A patch may pass locally but fail in CI due to platform-specific behavior.

Core developers therefore rely heavily on automated infrastructure.

## 82.25 Common Contributor Workflow

Typical workflow:

```text
modify source
build interpreter
run focused tests
run broader related tests
run full suite if necessary
check reference leaks
push branch
wait for CI
investigate failures
```

Small targeted testing is essential for productivity.

Running the full suite after every edit is usually impractical.

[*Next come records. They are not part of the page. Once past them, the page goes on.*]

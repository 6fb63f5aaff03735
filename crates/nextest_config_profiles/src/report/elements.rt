//! The overrides that the profiles of a chain have, as they are written.

ghost use Rattle.std.specs.Prelude.{◌≡◌, ◌++◌, IfOk, map, OnOk, option_map};
ghost use Rattle.toml.specs.View.{items_view, view};
ghost use Rattle.nextest_config_profiles.specs.Profile.{chain_in, layer_at, layers_in};
ghost use Rattle.nextest_config_profiles.specs.Report.Elements.{all_elements, element_of, elements_below, numbered_if, overrides_in};

use crate::EffectiveProfile;
use crate::report::standing::of_profile;
use nextest_config_values::read::value_at;
use std::alloc::{AllocError, Global};
use toml::Value;

/// An override, as it is written.
#[derive(Clone, Copy)]
pub(crate) struct Element<'p> {
    pub profile: &'p str,
    pub layer: usize,
    /// Its position in the array.
    pub position: usize,
    pub value: &'p Value,
}

/// All overrides of the profiles of a chain: those of a profile before those of what it falls back
/// on, of a profile those of the highest file first, and of a file as written.
pub(crate) fn all_elements<'p>(
    alloc: Global,
    effective: &'p EffectiveProfile<'_>,
) -> Result<Vec<Element<'p>>, AllocError>
    ensures { IfOk result (λ elements. map element_of elements.items
        ≡ all_elements (layers_in effective.now) (chain_in effective.now)) }
{
    let layers = effective.layer_count();
    let chain = effective.chain();
    let mut elements = Vec::new(alloc);
    for profile in chain {
        push_below(effective, profile.as_str(), layers, &mut elements)?;
    }
    Ok(elements)
}

// Pushes the overrides that the first so many layers have for a profile, the highest first.
fn push_below<'p>(
    effective: &'p EffectiveProfile<'_>,
    profile: &'p str,
    layers: usize,
    elements: &mut Vec<Element<'p>>,
) -> Result<(), AllocError>
    ensures { OnOk result (map element_of elements.new.items ≡ map element_of elements.old.items
        ++ elements_below (layers_in effective.now) profile.now layers) }
{
    if layers == 0 {
        return Ok(());
    }
    let layer = layers - 1;
    let items = overrides_in(of_profile(effective, profile, layer));
    push_items(profile, layer, items, elements)?;
    push_below(effective, profile, layer, elements)?;
    Ok(())
}

// Pushes the overrides that a layer has for a profile, if it has some.
fn push_items<'p>(
    profile: &'p str,
    layer: usize,
    items: Option<&'p [Value]>,
    elements: &mut Vec<Element<'p>>,
) -> Result<(), AllocError>
    ensures { OnOk result (map element_of elements.new.items ≡ map element_of elements.old.items
        ++ numbered_if profile.now layer (option_map (λ items. items_view items.now) items.entry)) }
{
    let Some(items) = items else {
        return Ok(());
    };
    for (position, value) in items.iter().enumerate() {
        elements.push(Element {
            profile,
            layer,
            position,
            value,
        })?;
    }
    Ok(())
}

// The overrides of a profile.
fn overrides_in(profile: Option<&Value>) -> Option<&[Value]>
    ensures { option_map (λ items. items_view items.now) result
        ≡ overrides_in (option_map (λ value. view value.now) profile.entry) }
{
    let table = profile?.as_table()?;
    let items = value_at(table, "overrides")?.as_array()?;
    Some(items.as_slice())
}
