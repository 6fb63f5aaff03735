//! What is told of overrides.

ghost use Rattle.std.specs.Prelude.{◌≡◌, IfOk, map, option_map};
ghost use Rattle.std.specs.List.{AllZip};
ghost use Rattle.toml.specs.View.{view};
ghost use Rattle.toml_spans.specs.Step.{step_of};
ghost use Rattle.nextest_config_profiles.specs.Profile.{file_in};
ghost use Rattle.nextest_config_profiles.specs.Reach.{words_of};
ghost use Rattle.nextest_config_profiles.specs.Report.Elements.{element_of};
ghost use Rattle.nextest_config_profiles.specs.Report.Literal.{IsLiteralIf};
ghost use Rattle.nextest_config_profiles.specs.Report.Overrides.{AreOverrides, AreSettings, IsOverride, IsSet, IsSpanOfElement, is_told, member_at, override_keys, steps_to_element};

use crate::EffectiveProfile;
use crate::report::elements::{Element, all_elements};
use crate::report::parts::{Literal, Override, OverrideSetting, Source};
use crate::report::somes::push_some;
use crate::report::source::file_place;
use nextest_config_elements::keys::override_fields;
use nextest_config_values::read::value_at;
use std::alloc::{AllocError, Global};
use toml::Value;
use toml_spans::{Span, Step};

// The keys that are known in an override, but for those by which it selects tests.
fn override_keys(alloc: Global) -> Result<Vec<&'static str>, AllocError>
    ensures { IfOk result (λ keys. words_of keys.items ≡ override_keys) }
{
    let fields = override_fields();
    let mut keys = Vec::new(alloc);
    for field in fields {
        if is_told(field.key) {
            keys.push(field.key)?;
        }
    }
    Ok(keys)
}

// Whether a key isn't one by which an override selects tests.
fn is_told(key: &str) -> bool
    ensures { result ≡ is_told key.now }
{
    key != "filter" && key != "platform"
}

/// The overrides of the profiles of the chain, of which the first that applies and sets a key
/// counts.
pub(crate) fn overrides<'p>(
    alloc: Global,
    effective: &'p EffectiveProfile<'p>,
) -> Result<Vec<Override<'p>>, AllocError>
    ensures { IfOk result (λ overrides. AreOverrides effective.now overrides.items) }
{
    let elements = all_elements(alloc, effective)?;
    overrides_of(alloc, effective, elements.as_slice())
}

// What is told of each override.
fn overrides_of<'p>(
    alloc: Global,
    effective: &'p EffectiveProfile<'p>,
    elements: &[Element<'p>],
) -> Result<Vec<Override<'p>>, AllocError>
    ensures { IfOk result (λ overrides. AllZip (IsOverride effective.now)
        (map element_of elements.now) overrides.items) }
{
    let mut overrides = Vec::new(alloc);
    for element in elements {
        overrides.push(override_of(alloc, effective, element)?)?;
    }
    Ok(overrides)
}

// What is told of an override, and where it begins.
fn override_of<'p>(
    alloc: Global,
    effective: &'p EffectiveProfile<'p>,
    element: &Element<'p>,
) -> Result<Override<'p>, AllocError>
    ensures { IfOk result (IsOverride effective.now (element_of element.now)) }
{
    let steps = steps_to(alloc, element)?;
    let span = span_of(effective, element.layer, steps.as_slice());
    let source = Source {
        profile: element.profile,
        file: file_place(effective, element.layer, span),
    };
    Ok(Override {
        source,
        filter: literal_at(alloc, element.value, "filter")?,
        platform: literal_at(alloc, element.value, "platform")?,
        settings: settings(alloc, element.value)?,
    })
}

// The range of a path in the file of a layer, if it is one.
fn span_of(effective: &EffectiveProfile<'_>, layer: usize, steps: &[Step]) -> Option<Span>
    ensures { IsSpanOfElement (file_in effective.now layer) (map step_of steps.now) result }
{
    match effective.file(layer) {
        Some(file) => file.span(steps),
        None => None,
    }
}

// The path of an override, from the top.
fn steps_to(alloc: Global, element: &Element<'_>) -> Result<Vec<Step>, AllocError>
    ensures { IfOk result (λ steps. map step_of steps.items
        ≡ steps_to_element (element_of element.now)) }
{
    let mut steps = Vec::new(alloc);
    steps.push(Step::Key(String::from_str(alloc, "profile")?))?;
    steps.push(Step::Key(String::from_str(alloc, element.profile)?))?;
    steps.push(Step::Key(String::from_str(alloc, "overrides")?))?;
    steps.push(Step::Index(element.position))?;
    Ok(steps)
}

// The keys that an override sets.
fn settings(alloc: Global, value: &Value) -> Result<Vec<OverrideSetting>, AllocError>
    ensures { IfOk result (λ settings. AreSettings (view value.now) settings.items) }
{
    let keys = override_keys(alloc)?;
    let mut settings = Vec::new(alloc);
    for key in &keys {
        let setting = setting(alloc, value, key)?;
        push_some(&mut settings, setting)?;
    }
    Ok(settings)
}

// A key with its value, if the override has it.
fn setting(
    alloc: Global,
    value: &Value,
    key: &'static str,
) -> Result<Option<OverrideSetting>, AllocError>
    ensures { IfOk result (IsSet (view value.now) key.now) }
{
    match literal_at(alloc, value, key)? {
        Some(literal) => Ok(Some(OverrideSetting { key, literal })),
        None => Ok(None),
    }
}

// What an override has at a key.
fn literal_at(alloc: Global, value: &Value, key: &str) -> Result<Option<Literal>, AllocError>
    ensures { IfOk result (IsLiteralIf (member_at key.now (view value.now))) }
{
    match at_key(value, key) {
        Some(value) => Ok(Some(Literal::of(alloc, value.clone()?)?)),
        None => Ok(None),
    }
}

/// What a value has at a key.
pub(crate) fn at_key<'v>(value: &'v Value, key: &str) -> Option<&'v Value>
    ensures { option_map (λ value. view value.now) result ≡ member_at key.now (view value.now) }
{
    value_at(value.as_table()?, key)
}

## 82.26 Writing Good Tests

Good CPython tests are:

```text
deterministic
isolated
cross-platform
minimal
fast
clear
specific
```

Bad tests often:

```text
depend on timing
depend on execution order
leave global state modified
depend on external services
assume specific memory layout
```

A good regression test usually targets one bug precisely.

## 82.27 Example Minimal Regression Test

Suppose a dictionary regression existed.

A focused test might look like:

```python
import unittest

class DictRegressionTests(unittest.TestCase):

    def test_resize_preserves_entries(self):
        d = {}

        for i in range(1000):
            d[i] = i

        for i in range(1000):
            self.assertEqual(d[i], i)

if __name__ == "__main__":
    unittest.main()
```

This directly validates the invariant under investigation.

## 82.28 Reading Failures

A test failure may indicate:

```text
logic bug
memory corruption
reference leak
ABI mismatch
undefined behavior
test bug
platform assumption
```

CPython failures are sometimes nonlocal.

Example:

```text
GC corruption
    → unrelated test crashes later
```

The first visible failure is not always the root cause.

## 82.29 Core Principle

The CPython test suite is part of the interpreter itself.

It is not an optional accessory.

The runtime, compiler, object system, import machinery, and standard library evolve together with the tests. Every important subsystem in CPython is tightly coupled to regression validation.

Understanding the test infrastructure is therefore a prerequisite for serious CPython development.